WHAT NEEDS TO BE DONE. Report how many lines in the data include "missing", with the number as the only reply.

### EXTRACTED DATA

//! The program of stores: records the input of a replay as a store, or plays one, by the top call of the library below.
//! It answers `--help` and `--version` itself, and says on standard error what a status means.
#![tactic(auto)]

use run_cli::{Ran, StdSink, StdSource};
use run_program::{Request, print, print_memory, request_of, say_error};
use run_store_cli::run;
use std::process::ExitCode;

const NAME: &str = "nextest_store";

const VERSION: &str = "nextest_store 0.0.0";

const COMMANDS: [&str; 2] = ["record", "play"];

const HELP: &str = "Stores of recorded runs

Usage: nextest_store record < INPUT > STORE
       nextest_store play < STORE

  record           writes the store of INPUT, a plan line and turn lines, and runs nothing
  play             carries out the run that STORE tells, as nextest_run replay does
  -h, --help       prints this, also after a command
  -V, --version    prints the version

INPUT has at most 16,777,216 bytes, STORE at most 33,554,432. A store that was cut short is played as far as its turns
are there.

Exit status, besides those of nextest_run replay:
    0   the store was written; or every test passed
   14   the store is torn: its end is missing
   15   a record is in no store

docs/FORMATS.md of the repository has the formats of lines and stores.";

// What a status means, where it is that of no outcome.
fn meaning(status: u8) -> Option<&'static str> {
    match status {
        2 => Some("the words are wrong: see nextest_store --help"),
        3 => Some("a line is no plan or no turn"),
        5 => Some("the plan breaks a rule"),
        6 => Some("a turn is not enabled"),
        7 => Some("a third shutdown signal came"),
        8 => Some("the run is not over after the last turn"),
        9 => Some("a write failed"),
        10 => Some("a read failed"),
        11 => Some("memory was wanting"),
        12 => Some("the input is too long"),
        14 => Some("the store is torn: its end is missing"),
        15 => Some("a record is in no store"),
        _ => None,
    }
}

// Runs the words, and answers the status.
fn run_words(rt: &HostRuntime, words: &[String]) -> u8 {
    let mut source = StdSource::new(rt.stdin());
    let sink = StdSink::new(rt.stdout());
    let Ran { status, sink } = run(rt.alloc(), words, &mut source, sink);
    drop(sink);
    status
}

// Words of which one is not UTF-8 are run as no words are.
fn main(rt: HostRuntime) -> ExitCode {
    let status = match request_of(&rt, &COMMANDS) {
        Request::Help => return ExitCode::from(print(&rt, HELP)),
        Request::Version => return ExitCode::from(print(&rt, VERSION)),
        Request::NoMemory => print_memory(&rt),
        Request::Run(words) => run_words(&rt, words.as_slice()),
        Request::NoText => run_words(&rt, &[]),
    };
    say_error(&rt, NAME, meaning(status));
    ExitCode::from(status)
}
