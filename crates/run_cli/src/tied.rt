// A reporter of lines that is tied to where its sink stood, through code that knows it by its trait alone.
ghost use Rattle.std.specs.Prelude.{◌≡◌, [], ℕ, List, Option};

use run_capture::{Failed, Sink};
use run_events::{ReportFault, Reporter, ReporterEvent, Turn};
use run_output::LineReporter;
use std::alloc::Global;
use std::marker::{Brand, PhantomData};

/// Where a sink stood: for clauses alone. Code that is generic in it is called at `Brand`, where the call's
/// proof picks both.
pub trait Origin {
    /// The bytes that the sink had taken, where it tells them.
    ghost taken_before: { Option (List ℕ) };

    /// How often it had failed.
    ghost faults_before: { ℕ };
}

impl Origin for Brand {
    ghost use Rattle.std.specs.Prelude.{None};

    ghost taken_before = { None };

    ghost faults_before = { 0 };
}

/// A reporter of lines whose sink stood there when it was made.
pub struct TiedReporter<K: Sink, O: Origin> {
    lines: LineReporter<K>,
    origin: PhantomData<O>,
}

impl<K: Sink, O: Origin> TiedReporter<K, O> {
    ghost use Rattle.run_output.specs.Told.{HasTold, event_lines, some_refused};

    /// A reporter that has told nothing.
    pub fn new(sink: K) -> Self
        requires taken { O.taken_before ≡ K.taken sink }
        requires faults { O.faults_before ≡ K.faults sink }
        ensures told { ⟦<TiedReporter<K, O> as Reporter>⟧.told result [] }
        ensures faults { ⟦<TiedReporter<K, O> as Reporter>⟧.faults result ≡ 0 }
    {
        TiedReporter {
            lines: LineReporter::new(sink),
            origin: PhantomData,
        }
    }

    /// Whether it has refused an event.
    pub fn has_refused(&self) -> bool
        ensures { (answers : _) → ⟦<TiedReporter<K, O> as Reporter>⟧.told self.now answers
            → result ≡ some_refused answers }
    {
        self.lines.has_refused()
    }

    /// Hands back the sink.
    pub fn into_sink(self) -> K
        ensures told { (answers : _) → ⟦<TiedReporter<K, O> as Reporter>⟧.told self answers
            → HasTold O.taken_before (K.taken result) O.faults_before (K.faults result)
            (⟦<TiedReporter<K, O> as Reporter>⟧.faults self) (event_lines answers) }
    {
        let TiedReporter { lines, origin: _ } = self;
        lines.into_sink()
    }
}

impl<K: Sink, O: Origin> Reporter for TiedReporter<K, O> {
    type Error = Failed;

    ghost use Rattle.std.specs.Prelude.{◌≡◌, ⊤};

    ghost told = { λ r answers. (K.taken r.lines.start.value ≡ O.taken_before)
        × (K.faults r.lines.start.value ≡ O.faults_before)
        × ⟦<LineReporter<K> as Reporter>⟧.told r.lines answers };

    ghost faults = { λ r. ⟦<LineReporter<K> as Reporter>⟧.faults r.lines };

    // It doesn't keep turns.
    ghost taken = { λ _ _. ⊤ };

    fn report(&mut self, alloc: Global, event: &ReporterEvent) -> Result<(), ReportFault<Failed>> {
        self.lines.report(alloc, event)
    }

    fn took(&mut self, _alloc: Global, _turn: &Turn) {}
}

######

ANSWER SECTION. 2